Two dataframes are to be made. Both dataframes will contain the processed 'amenities' and 'zipcode' columns. One of the dataframes will contain the count vectorized 'Listing Title' with the other containing the TF-IDF processed 'Listing title' column. Both of the dataframes will be modelled, to determine which type of processing has been most successful for the 'Listing title' column.

Now that several columns have been transformed to be represented through numeric values, their original columns can be dropped:

In [40]:
# drop the redundant columns:
X_obj.drop(columns=[
    'Listing Title', 'Zipcode', 'Amenities', 'guest_controls', 'Property Type'
], inplace=True)

In [41]:
# concatenate with the count vectorized listing title column:
airbnb_ldn_cv = pd.concat([X_num, X_obj, zipcode_cv, listing_title_cv], axis=1)

In [42]:
# concatenate with the tf-idf listing title column:
airbnb_ldn_tfidf = pd.concat([X_num, X_obj, zipcode_cv, listing_title_tfidf], axis=1)

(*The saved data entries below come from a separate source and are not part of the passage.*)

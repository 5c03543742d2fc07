// Showing a policy the keys that occur: depth first, the next numbers of each prefix in rising order, so that what occurs
// is shown in rank order.
ghost use Rattle.std.specs.Prelude.{◌≡◌};
ghost use Rattle.std.specs.declared.ops.ControlFlow.TheVariants.{Continue};
ghost use Rattle.search.specs.Keys.{held, keyed};
ghost use Rattle.search.specs.Listing.{Passes, Searched, StartsFrom, alone, shown_under};
ghost use Rattle.search.specs.Policy.{opening, scan};
ghost use Rattle.search.specs.Prefixes.{FitsBranch, stands};

use super::branch::Branch;
use super::candidates::Numbers;
use super::{Key, Policy, Problem, Reply};
use std::ops::ControlFlow;

// A policy that is shown keys, up to a close, and the last one taken. The clauses `same` say that it stays the caller's policy.
#[derive(Drop)]
pub(crate) struct Showing<'a, P: Policy> {
    pub(crate) policy: &'a mut P,
    pub(crate) taken: Option<Key>,
}

impl<'a, P: Policy> Showing<'a, P> {
    // The policy, cleared, that has taken nothing.
    pub(crate) fn new(policy: &'a mut P) -> Showing<'a, P>
        ensures same { result.policy.ghost_name ≡ policy.entry.ghost_name }
        ensures stands { stands P.kept (Continue tt) result ≡ opening P.rule }
    {
        policy.clear();
        Showing {
            policy,
            taken: None,
        }
    }

    // Shows the policy a whole key, if it occurs; breaks at a close.
    fn visit<Q: Problem>(
        &mut self,
        branch: &Branch<Q>,
        note: &Q::Note,
        key: &Key,
    ) -> ControlFlow<()>
        ensures same { self.new.policy.ghost_name ≡ self.old.policy.ghost_name }
        ensures shows { FitsBranch Q.Problem branch.now key.now note.now → stands P.kept result self.new
            ≡ scan P.rule (Q.view branch.now.problem.now) (stands P.kept (Continue tt) self.old) (alone (Q.test branch.now.problem.now) (keyed key.now)) }
    {
        let Some(shown) = branch.shown(note, key) else {
            return ControlFlow::Continue(());
        };
        match self.policy.show(shown) {
            Reply::Leave => ControlFlow::Continue(()),
            Reply::Take => {
                self.taken = Some(*key);
                ControlFlow::Continue(())
            }
            Reply::Close => {
                self.taken = Some(*key);
                ControlFlow::Break(())
            }
        }
    }

    // Shows the policy, in rank order, what occurs of the keys that begin with this one; breaks at a close.
    fn descend<Q: Problem>(
        &mut self,
        branch: &Branch<Q>,
        note: &Q::Note,
        key: &Key,
    ) -> ControlFlow<()>
        ensures same { self.new.policy.ghost_name ≡ self.old.policy.ghost_name }
        ensures shows { FitsBranch Q.Problem branch.now key.now note.now → stands P.kept result self.new
            ≡ shown_under P.rule (Q.view branch.now.problem.now) (Q.test branch.now.problem.now) (keyed key.now) (stands P.kept (Continue tt) self.old) }
    {
        if branch.is_last(note, key) {
            return self.visit(branch, note, key);
        }
        for number in Numbers::of(branch.candidates(note, key)) {
            let longer = key.with(number);
            let deeper = branch.problem.note(branch.start, note, &longer);
            self.descend(branch, &deeper, &longer)?;
        }
        ControlFlow::Continue(())
    }

    // Shows the policy, in rank order, what occurs of the keys with first number `from` or above.
    // Returns the first number of the first that occurs, where one does.
    pub(crate) fn search<Q: Problem>(&mut self, problem: &Q, from: usize) -> usize
        ensures same { self.new.policy.ghost_name ≡ self.old.policy.ghost_name }
        ensures searches { stands P.kept (Continue tt) self.old ≡ opening P.rule → Q.sound problem.now → StartsFrom (Passes (Q.test problem.now)) from
            → Searched (Q.test problem.now) (Q.view problem.now) P.rule (held self.new.taken) (P.kept self.new.policy.now) result }
    {
        let end = problem.starts();
        let blank = problem.blank();
        let mut lowest = from.min(end);
        for place in from.min(end)..end {
            if self.taken.is_none() {
                lowest = place;
            }
            let first = place as u16;
            let key = Key::new().with(first);
            let start = problem.start(first);
            let note = problem.note(&start, &blank, &key);
            let branch = Branch {
                problem,
                start: &start,
            };
            if self.descend(&branch, &note, &key).is_break() {
                return lowest;
            }
        }
        lowest
    }
}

Some additional columns need to be dropped - columns on the original dataframe that have now been numerically represented:

### Export these dataframes:

The two concatenated dataframe will be exported:

Some additional columns need to be dropped as copies are now made since concatenated with the main dataframe:

In [43]:
# for the count vectorized column:
airbnb_ldn_cv.to_csv('airbnb_ldn_cv.csv', index=False)

In [44]:
# for the TF-IDF column:
airbnb_ldn_tfidf.to_csv('airbnb_ldn_tfidf.csv', index=False)

In [45]:
airbnb_ldn_cv.shape

(32674, 1093)

### DataFrame to export to produce the map visualisation

A version of the processed data will be exported so that certain components can be visualised using other softwares (tableau). An amended dataframe will be created and exported for that purposed.

This is completed at this stage, as the postcodes grouped by postcal districts is required.

In [46]:
# concatenate the relevant dataframes together:
tableau_airbnb = pd.concat([airbnb_ldn[['Latitude', 'Longitude', 'Annual Revenue LTM (Native)']], zc_array], axis=1)

In [47]:
# export the dataframe:
tableau_airbnb.to_csv('location_airbnb_ldn_3.csv', index=False)

# Conclusion

Various approaches have been taken to deal with different text columns. The different formats that the texts columns originally existed in, meant a 'one size fits all' approach was not possible.

Through count vectorizing, TF-IDF and a version of one-hot encoding, these text columns have been effectively embedded. Through this embedding, the columns can now be fed into the machine learning models. Additional models accounting for these text columns will take place, in the following workbook 'Advanced Modelling'.